# Work item
Among the records below, find the lines with the word "edition" and copy them.

Input records section start

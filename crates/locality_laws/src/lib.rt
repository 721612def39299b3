//! Laws of locality: a node of the serial machine depends on the other nodes by what comes to it in each slot, and by nothing else.
//! So a node may run ahead of its neighbours, as far as what it has seen of its links goes. See docs/LOOKAHEAD.md.
#![tactic(auto)]

ghost use Rattle.locality_laws.specs.Locality.{StepNeedsComing, Locality, ArrivalsTell, ArrivalsTellBefore, OutgoingLeaves};
ghost use Rattle.locality_laws.specs.Horizon.{HistoriesGrow, HistoriesAreWhole, SlotsCarryFew, SeenArrives, ArrivesLater, LevelsGoOn, WiresShowLater, LevelsCome, SeenLevels};
ghost use Rattle.locality_laws.specs.Levels.{LinksCarryNoLevel, DrivenLevelsFit, WiresCarryLevels, ShownLevelsFit};

/// For every plan, node and number of slots: the node stepped alone, by what comes to it in each slot, has the record, the events and
/// the histories of its outgoing arcs that it has in the serial machine. One slot of it needs what comes in that slot alone. It does
/// nothing.
pub fn nodes_are_local()
    ensures step { StepNeedsComing }
    ensures local { Locality }
    ensures leaves { OutgoingLeaves }
{}

/// What comes to a node in a slot is told by whatever lists tell what arrives in that slot by the links that come to the node, and what
/// the wires show in it that come to its pins; and what comes in each slot before one by lists that tell what arrives before it. It
/// does nothing.
pub fn arrivals_tell_what_comes()
    ensures now { ArrivalsTell }
    ensures before { ArrivalsTellBefore }
{}

/// What was sent on an arc stays its history's front; and where its entries are known up to a slot, all is known that arrives
/// by it before that slot and its delay. Of a wire its levels are known so too, by the level that is left by what was sent before the
/// entries that are known. It does nothing.
pub fn links_tell_ahead()
    ensures grow { HistoriesGrow }
    ensures whole { HistoriesAreWhole }
    ensures few { SlotsCarryFew }
    ensures seen { SeenArrives }
    ensures later { ArrivesLater }
    ensures levels { LevelsGoOn }
    ensures shows { WiresShowLater }
    ensures come { LevelsCome }
    ensures seen_levels { SeenLevels }
{}

/// What comes to a link end is a token or a credit, and never a level. A wire carries levels alone, each of which fits the pins that it
/// joins, since what a port drives does; and so what the pins of a node show from outside fits them. It does nothing.
pub fn wires_carry_levels()
    ensures none { LinksCarryNoLevel }
    ensures driven { DrivenLevelsFit }
    ensures levels { WiresCarryLevels }
    ensures shown { ShownLevelsFit }
{}
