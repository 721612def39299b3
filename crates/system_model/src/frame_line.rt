use arrayvec::ArrayVec;
use std::marker::Model;

/// A node's line: the node's number, 0 to 99, and its id.
#[derive(Clone, Copy)]
pub struct NodeLine {
    pub number: u8,
    pub id: u16,
}

/// An end by its name `N:E`: end E of the node with the number N. In a link it is a link end, 0 to 7. In a step it may be that of a wire
/// too, 8 and so on; a number above 255 is taken as 255, an end that no node has.
#[derive(Clone, Copy)]
pub struct EndName {
    pub node: u8,
    pub end: u8,
}

/// A link's line: the two link ends that it joins, its delay (1 to 1,000) and gap (4 to 1,000) in slots, and its network, 0 to 3, which
/// is 0 in edition 1.
#[derive(Clone, Copy)]
pub struct LinkLine {
    pub a: EndName,
    pub b: EndName,
    pub delay: u32,
    pub gap: u32,
    pub net: u8,
}

/// A pin by its name `N:P`: that of port P, 0 to 28, of the node with the number N.
#[derive(Clone, Copy)]
pub struct PinName {
    pub node: u8,
    pub port: u8,
}

/// A wire's line: what the port of the first pin drives, the second pin shows the delay later, 1 to 1,000 slots.
#[derive(Clone, Copy)]
pub struct WireLine {
    pub a: PinName,
    pub b: PinName,
    pub delay: u32,
}

/// A bit's line: the node with this number sends what differs from its id at this bit first, 0 to 15, by one of these link
/// ends, one to eight of them, each 0 to 7. Contracts see it as a `BitRec` of `Rattle.system_model.specs.Bits`.
#[derive(Drop)]
pub struct BitLine {
    pub node: u8,
    pub bit: u8,
    pub ends: ArrayVec<u8, 8>,
}

impl Model for BitLine {
    ghost use Rattle.system_model.specs.Bits.{BitRec};

    ghost Value = { BitRec };

    ghost view = { λ line. record { node = line.node; bit = line.bit; ends = line.ends.items } };
}

/// What a section of a system text holds. See docs/SYSTEM_TEXT.md.
#[derive(Clone, Copy)]
pub enum SectionKind {
    /// The source of the node with this number, 0 to 99.
    Source(u8),
    /// The pin script.
    Pins,
    /// The schedule. Its lines are the frame's, which reads them as it goes.
    Play,
}

/// A line of the section `play`: a step of the schedule, with its node by number, 0 to 99. See docs/SYSTEM_TEXT.md.
#[derive(Clone, Copy)]
pub enum PlayLine {
    /// `take N:E`.
    Take(EndName),
    /// `run N COUNT`, of 1 to 1,000,000 slots, and `run N`, of 1.
    Run { node: u8, count: u32 },
    /// `send N:E`.
    Send(EndName),
}

/// A line of the frame of a system text, but for the first. See docs/SYSTEM_TEXT.md.
#[derive(Drop)]
pub enum FrameLine {
    /// `node N id ID`.
    Node(NodeLine),
    /// `link N:E M:F delay D gap G`, in edition 2 also with `net K` after it.
    Link(LinkLine),
    /// `bit N B E`, with up to seven more link ends.
    Bit(BitLine),
    /// `wire N:P M:Q delay D`, in edition 2 alone.
    Wire(WireLine),
    /// `source N`, `pins` or `play`: it begins a section.
    Section(SectionKind),
    /// A step, in the section `play`.
    Step(PlayLine),
}

/// A node as a system text gives it: the number of its line, counted from 1, and what that line says.
#[derive(Clone, Copy)]
pub struct GivenNode {
    pub line: u32,
    pub number: u8,
    pub id: u16,
}
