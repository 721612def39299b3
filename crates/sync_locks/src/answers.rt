//! What calls on synchronisers and locks answer.

/// A synchroniser or lock with which the thread may not do this.
#[derive(Clone, Copy, PartialEq, Eq, Debug)]
pub struct Bad;

/// What a thread finds that would own a lock.
#[derive(Clone, Copy, PartialEq, Eq, Debug)]
pub enum Claim {
    /// The thread owns it now.
    Got,
    /// Another thread owns it: it has to wait.
    Held,
    /// It is not in use, or the thread owns it already.
    Bad,
}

Input records section end

# Finished task
/// is 0 in edition 1.
    /// `link N:E M:F delay D gap G`, in edition 2 also with `net K` after it.
    /// `wire N:P M:Q delay D`, in edition 2 alone.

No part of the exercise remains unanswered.